Thursday, September 14, 2000

 

The starving artist

Jared Leto still recovering from Requiem For A Dream

By BRUCE KIRKLAND
Toronto Sun

TORONTO -- The robin's egg blue polish is chipping off the nails of actor Jared Leto's long, graceful fingers.

 "Jeez, I need a manicure," he teases yesterday at the Toronto filmfest, where Leto's career-making performance in Darren Aronofsky's surrealistic drug drama, Requiem For A Dream, is making waves.

 Leto's muscle mass is slowly rebuilding. By starving himself for two months before the film shoot, he lost 28 of his 153 pounds. He began to look desperate and strung-out enough to play the pathetic, if charming, Coney Island smack freak Harry Goldfarb in Requiem.

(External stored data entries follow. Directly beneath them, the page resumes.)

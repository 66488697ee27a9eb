// How many of a struct's doubles an f32 holds, and the answer for each. One walk does both, and its refusal is skip's.
#![tactic(auto)]

ghost use Rattle.std.specs.Prelude.{◌≡◌, ◌≤◌, length};
ghost use Rattle.types.specs.Value.{Tree};
ghost use Rattle.input.specs.Outcome.{says, declines};
ghost use Rattle.doubles.specs.Doubles.{doubles_of};
ghost use Rattle.doubles.specs.Walked.{total, jot_all};
ghost use Rattle.doubles.specs.Calls.{ahead, none, as_counts, counts_call, declines_row, row_call, answered_row};

use input::TCompactInputProtocol;
use single::Counts;
use types::{Place, TType};

mod walk;

// The place behind a value, with the counts so far; or the number of a refusal.
#[derive(Clone, Copy)]
pub enum Walked {
    Done(Place, Counts),
    Refused(u8),
}

#[derive(Clone, Copy)]
pub enum CountsAnswer {
    Got(Counts),
    Refused(u8),
}

#[derive(Clone, Copy)]
pub struct ReadCounts {
    pub answer: CountsAnswer,
    pub state: TCompactInputProtocol,
}

// How many answers there are.
#[derive(Clone, Copy)]
pub enum RowAnswer {
    Got(usize),
    Refused(u8),
}

#[derive(Clone, Copy)]
pub struct ReadRow {
    pub answer: RowAnswer,
    pub state: TCompactInputProtocol,
}

fn refuse_counts(why: u8, state: TCompactInputProtocol) -> ReadCounts
    ensures { result ≡ as_counts (declines why state) }
{
    ReadCounts {
        answer: CountsAnswer::Refused(why),
        state,
    }
}

// From the reader's place on, where neither BAD STATE nor OUT OF TURN is. No row is wanted: the one byte lent takes the first answer.
fn counts_on(state: TCompactInputProtocol, s: &[u8]) -> ReadCounts
    requires { state.depth ≤ state.limits.depth }
    ensures { result ≡ as_counts (ahead s.now state) }
{
    let room = state.limits.depth - state.depth;
    let end = state.cut(s.len());
    let mut unread = [0u8; 1];
    let zero = Counts {
        yes: 0,
        no: 0,
        nan: 0,
    };
    match walk::walk_value(
        &s[..end],
        state.place,
        TType::Struct,
        room,
        state.limits,
        zero,
        &mut unread,
    ) {
        Walked::Refused(why) => refuse_counts(input::missing(why, end, s.len()), state),
        Walked::Done(to, counts) => {
            let mut next = state;
            next.place = to;
            ReadCounts {
                answer: CountsAnswer::Got(counts),
                state: next,
            }
        }
    }
}

// How many of the doubles in the struct at the reader's place an f32 holds, how many it does not, and how many are not a number. The reader moves behind the
// struct, as skip of it does.
#[tactic(auto, using(crate::proofs::Call::call_cases))]
pub fn f32_counts(state: TCompactInputProtocol, s: &[u8]) -> ReadCounts
    ensures { result ≡ counts_call s.now state }
{
    let why = state.refusal(s.len());
    if why != 0 {
        return refuse_counts(why, state);
    }
    counts_on(state, s)
}

fn refuse_row(why: u8, state: TCompactInputProtocol) -> ReadRow
    ensures { result ≡ declines_row why state }
{
    ReadRow {
        answer: RowAnswer::Refused(why),
        state,
    }
}

// The walk once more, over a struct that has been counted: now the row gets the answers.
#[tactic(auto, using(crate::proofs::Answers::put_cases))]
fn put_answers(state: TCompactInputProtocol, s: &[u8], row: &mut [u8])
    requires { state.depth ≤ state.limits.depth }
    ensures { (t : Tree) → (ahead s.now state).said ≡ says t → row.new ≡ (jot_all (doubles_of t) (none, row.old)).1 }
{
    let room = state.limits.depth - state.depth;
    let end = state.cut(s.len());
    let zero = Counts {
        yes: 0,
        no: 0,
        nan: 0,
    };
    walk::walk_value(
        &s[..end],
        state.place,
        TType::Struct,
        room,
        state.limits,
        zero,
        row,
    );
}

// How many were counted.
fn counted_in_all(counts: Counts) -> usize
    ensures { result ≡ total counts }
{
    let some = std::num::wrapping_add_u64(counts.yes, counts.no);
    std::num::wrapping_add_u64(some, counts.nan) as usize
}

// For each double in the struct at the reader's place, in the tree's order, whether an f32 holds it: 0 yes, 1 no, 2 not a number, at the front of the lent
// row. The struct is walked twice, so that nothing is written before a refusal. The reader moves behind it, as skip of it does.
pub fn f32_answers(state: TCompactInputProtocol, s: &[u8], row: &mut [u8]) -> ReadRow
    ensures answer { result ≡ row_call (length row.old) s.now state }
    ensures row { row.new ≡ answered_row s.now state row.old }
{
    let first = f32_counts(state, s);
    let answer = first.answer;
    let next = first.state;
    match answer {
        CountsAnswer::Refused(why) => refuse_row(why, state),
        CountsAnswer::Got(counts) => {
            let n = counted_in_all(counts);
            if row.len() < n {
                return refuse_row(types::NO_ROOM, state);
            }
            put_answers(state, s, row);
            ReadRow {
                answer: RowAnswer::Got(n),
                state: next,
            }
        }
    }
}
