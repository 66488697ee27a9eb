// What is said of a fault, into a lent buffer at a place: as much as fits, as in `text`. The first line is for machines; the lines
// below it, where they are wanted, are for people.
#![tactic(auto)]

ghost use Rattle.std.specs.Prelude.{◌≡◌, [], ◌-◌, ◌*◌, ◌≤◌, length};
ghost use Rattle.input.specs.State.{fresh};
ghost use Rattle.text.specs.Pen.{inked};
ghost use Rattle.text.specs.Words.{ascii};
ghost use Rattle.faults.specs.Fault.{accepted, fault, faults};
ghost use Rattle.fault_lines.specs.Row.{kind_word, row_words};
ghost use Rattle.fault_lines.specs.Told.{refused_at, fault_line, words_of, name_of, spaced_hex, own_hex, around, below_of, struct_text, head_text, limits, long_text, fault_text, day_fault};

use days::Part;
use faults::Verdict;
use input::TCompactInputProtocol;
use types::TConfiguration;

// The longest name, string or container, and the ceiling: the printing program's.
const MOST_SIZE: u32 = 65_536;

// The most bytes of a message, as the printing program has it.
const MOST_BYTES: usize = 65_536;

// Two numbers for each step of a path, of which there are at most 64.
fn row_room() -> [i64; 128]
    ensures { 128 ≡ length result }
{
    [0; 128]
}

fn reader() -> TCompactInputProtocol
    ensures { result ≡ fresh limits }
{
    TCompactInputProtocol::new(TConfiguration {
        depth: TConfiguration::MAX_DEPTH,
        string: MOST_SIZE,
        container: MOST_SIZE,
        message: MOST_SIZE,
    })
}

fn wide(b: u8) -> u64
    ensures { result ≡ b }
{
    b as u64
}

// A step's word, by the first of its two numbers.
fn put_kind(out: &mut [u8], to: usize, kind: i64) -> usize
    ensures { (out.new, result) ≡ inked (kind_word kind) (out.old, to) }
{
    if kind == 0 {
        return text::put_word(out, to, b"field ");
    }
    if kind == 1 {
        return text::put_word(out, to, b"element ");
    }
    if kind == 2 {
        return text::put_word(out, to, b"key ");
    }
    text::put_word(out, to, b"value ")
}

// The steps, from outside in, with something before each.
fn put_steps(out: &mut [u8], to: usize, before: &[u8], row: &[i64], steps: usize) -> usize
    requires { 2 * steps ≤ length row.now }
    ensures { (out.new, result) ≡ inked (row_words before.now steps row.now) (out.old, to) }
{
    let mut p = to;
    let mut k: usize = 0;
    while k < steps {
        let kind = row[2 * k];
        let number = row[2 * k + 1];
        p = text::put_word(out, p, before);
        p = put_kind(out, p, kind);
        p = text::put_int(out, p, number);
        k = k + 1;
    }
    p
}

// `refused NUMBER at OFFSET`; the path and the line's end follow.
fn put_number(out: &mut [u8], to: usize, why: u8, offset: usize) -> usize
    ensures { (out.new, result) ≡ inked (refused_at why offset) (out.old, to) }
{
    let a = text::put_word(out, to, b"refused ");
    let b = text::put_decimal(out, a, wide(why));
    let c = text::put_word(out, b, b" at ");
    text::put_decimal(out, c, offset as u64)
}

fn put_accepted(out: &mut [u8], to: usize, used: usize) -> usize
    ensures { (out.new, result) ≡ inked (fault_line (accepted used)) (out.old, to) }
{
    let a = text::put_word(out, to, b"accepted ");
    let b = text::put_decimal(out, a, used as u64);
    text::put_word(out, b, b"\n")
}

// The line of a refusal that has no path.
fn put_refused(out: &mut [u8], to: usize, why: u8, offset: usize) -> usize
    ensures { (out.new, result) ≡ inked (fault_line (fault why offset [])) (out.old, to) }
{
    let a = put_number(out, to, why, offset);
    text::put_word(out, a, b"\n")
}

// A refusal's name and sentence.
fn put_words(out: &mut [u8], to: usize, why: u8) -> usize
    ensures { (out.new, result) ≡ inked (words_of why) (out.old, to) }
{
    match why {
        0 => text::put_word(out, to, b"UNKNOWN"),
        1 => text::put_word(
            out,
            to,
            b"END: a byte needed lies past the input, or a container's elements can't be in what is left of it",
        ),
        2 => text::put_word(
            out,
            to,
            b"BAD VERSION: the first message byte is not 0x82, or the version is not 1",
        ),
        3 => text::put_word(out, to, b"BAD MESSAGE TYPE: a message type out of 1 to 4"),
        4 => text::put_word(
            out,
            to,
            b"BAD TYPE: a code without a type, or Stop where a value's type is asked",
        ),
        5 => text::put_word(out, to, b"BAD BOOL: an element bool is not 0, 1 or 2"),
        6 => text::put_word(
            out,
            to,
            b"LONG VARINT: a varint of more bytes than its width allows",
        ),
        7 => text::put_word(
            out,
            to,
            b"FIELD ID: the last id plus the delta is over 32767",
        ),
        8 => text::put_word(out, to, b"SIZE LIMIT: a length or count over its limit"),
        9 => text::put_word(out, to, b"NEGATIVE SIZE: a count below 0"),
        10 => text::put_word(
            out,
            to,
            b"DEPTH: a struct or a container beyond the depth limit",
        ),
        11 => text::put_word(
            out,
            to,
            b"BAD UTF-8: a string or a message name that is not UTF-8",
        ),
        12 => text::put_word(out, to, b"OUT OF TURN: a bool waits for the bool call"),
        13 => text::put_word(out, to, b"UNKNOWN"),
        14 => text::put_word(
            out,
            to,
            b"NO ROOM: more bytes than there is room for, which is 65536 for a message",
        ),
        15 => text::put_word(
            out,
            to,
            b"BAD STATE: a limit out of its range, a place out of its message, or a state that is none",
        ),
        16 => text::put_word(out, to, b"BAD LIST: a list of wanted fields that is none"),
        17 => text::put_word(
            out,
            to,
            b"RANGE: an i16, as value or field id, outside -32768 to 32767",
        ),
        18 => text::put_word(
            out,
            to,
            b"BAD DAY: no day file, or no message of this number",
        ),
        19 => text::put_word(
            out,
            to,
            b"MESSAGE SIZE: a byte needed lies past the message's ceiling, with input behind it",
        ),
        _ => text::put_word(out, to, b"UNKNOWN"),
    }
}

fn put_name(out: &mut [u8], to: usize, why: u8) -> usize
    ensures { (out.new, result) ≡ inked (name_of why) (out.old, to) }
{
    let a = put_words(out, to, why);
    text::put_word(out, a, b".\n")
}

// Bytes, two hex digits for each, a space before them.
fn put_spaced(out: &mut [u8], to: usize, bytes: &[u8]) -> usize
    ensures { (out.new, result) ≡ inked (spaced_hex bytes.now) (out.old, to) }
{
    let mut p = to;
    let mut i: usize = 0;
    while i < bytes.len() {
        p = text::put_word(out, p, b" ");
        p = text::put_hex(out, p, wide(bytes[i]), 2);
        i = i + 1;
    }
    p
}

// The byte of the offset, marked, and up to seven behind it; a byte that is missing is --.
fn put_own(out: &mut [u8], to: usize, bytes: &[u8]) -> usize
    ensures { (out.new, result) ≡ inked (own_hex bytes.now) (out.old, to) }
{
    if bytes.len() == 0 {
        return text::put_word(out, to, b" [--]\n");
    }
    let a = text::put_word(out, to, b" [");
    let b = text::put_hex(out, a, wide(bytes[0]), 2);
    let c = text::put_word(out, b, b"]");
    let d = put_spaced(out, c, &bytes[1..eight(bytes.len())]);
    text::put_word(out, d, b"\n")
}

// At most eight.
fn eight(n: usize) -> usize
    ensures { result ≡ 8 - (8 - n) }
{
    if n < 8 {
        return n;
    }
    8
}

// The place of the first byte that is shown.
fn first_shown(offset: usize) -> usize
    ensures { result ≡ offset - 8 }
{
    if offset < 8 {
        return 0;
    }
    offset - 8
}

fn put_around(out: &mut [u8], to: usize, s: &[u8], offset: usize) -> usize
    ensures { (out.new, result) ≡ inked (around s.now offset) (out.old, to) }
{
    if s.len() < offset {
        return to;
    }
    let first = first_shown(offset);
    let a = text::put_decimal(out, to, first as u64);
    let b = text::put_word(out, a, b":");
    let c = put_spaced(out, b, &s[first..offset]);
    put_own(out, c, &s[offset..])
}

// A struct's fault for people: the name, the path as a sentence, the bytes.
fn put_below(
    out: &mut [u8],
    to: usize,
    s: &[u8],
    why: u8,
    offset: usize,
    row: &[i64],
    steps: usize,
) -> usize
    requires { 2 * steps ≤ length row.now }
    ensures { (out.new, result) ≡ inked (below_of s.now why offset (row_words (ascii ", ") steps row.now)) (out.old, to) }
{
    let a = put_name(out, to, why);
    let b = text::put_word(out, a, b"In the struct");
    let c = put_steps(out, b, b", ", row, steps);
    let d = text::put_word(out, c, b".\n");
    put_around(out, d, s, offset)
}

// What is said of the struct at a reader's place.
pub fn put_struct(
    out: &mut [u8],
    to: usize,
    state: TCompactInputProtocol,
    s: &[u8],
    more: bool,
) -> usize
    ensures { (out.new, result) ≡ inked (struct_text more s.now (faults s.now state)) (out.old, to) }
{
    let mut row = row_room();
    match faults::why(state, s, &mut row) {
        Verdict::Accepted(used) => put_accepted(out, to, used.0),
        Verdict::Refused(why, offset, steps) => {
            let a = put_number(out, to, why, offset);
            let b = put_steps(out, a, b" ", &row, steps);
            let c = text::put_word(out, b, b"\n");
            if more {
                return put_below(out, c, s, why, offset, &row, steps);
            }
            c
        }
    }
}

// What is said of a message's header that is refused.
fn put_head(out: &mut [u8], to: usize, s: &[u8], why: u8, offset: usize, more: bool) -> usize
    ensures { (out.new, result) ≡ inked (head_text more s.now why offset) (out.old, to) }
{
    let a = put_refused(out, to, why, offset);
    if more {
        let b = put_name(out, a, why);
        let c = text::put_word(out, b, b"In the message's header.\n");
        return put_around(out, c, s, offset);
    }
    a
}

// What is said of a message of more bytes than are read.
fn put_long(out: &mut [u8], to: usize, more: bool) -> usize
    ensures { (out.new, result) ≡ inked (long_text more) (out.old, to) }
{
    let a = put_refused(out, to, types::NO_ROOM, 0);
    if more {
        return put_name(out, a, types::NO_ROOM);
    }
    a
}

// What is said of a message: its first line, and the lines below it where they are wanted.
pub fn put_fault(out: &mut [u8], to: usize, s: &[u8], more: bool) -> usize
    ensures { (out.new, result) ≡ inked (fault_text more s.now) (out.old, to) }
{
    if MOST_BYTES < s.len() {
        return put_long(out, to, more);
    }
    let state = reader();
    match faults::why_message(state, s) {
        Verdict::Accepted(_) => {
            let read = state.read_message_begin(s);
            put_struct(out, to, read.state, s, more)
        }
        Verdict::Refused(why, offset, _) => put_head(out, to, s, why, offset, more),
    }
}

// The first line of message k of a day file, its number before it; where there is none, the line of BAD DAY.
pub fn put_day_fault(out: &mut [u8], to: usize, file: &[u8], k: usize) -> usize
    ensures { (out.new, result) ≡ inked (day_fault file.now k) (out.old, to) }
{
    let a = text::put_decimal(out, to, k as u64);
    let b = text::put_word(out, a, b" ");
    match days::find_message(file, k) {
        Part::At(_, _) => put_fault(out, b, days::message(file, k), false),
        Part::Refused(why) => put_refused(out, b, why, 0),
    }
}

 Leto -- Cameron Diaz's latest flame and best known for striking support roles in American Psycho, Black And White, Fight Club and Girl Interrupted -- is back to about 145 pounds and he looks healthy, if rapier thin. But his legs are still skinny. Muscle is difficult to restore, especially on a lean young man who doesn't spend time at the gym.

 "This film was a good opportunity for me to go out there and to try push myself a little bit," Leto says as a half-eaten plate of food sits on the table in front of him, a reminder that he has still not returned to form.

 "But who knows if it was worth it to lose all that weight. Hopefully, it helped somehow."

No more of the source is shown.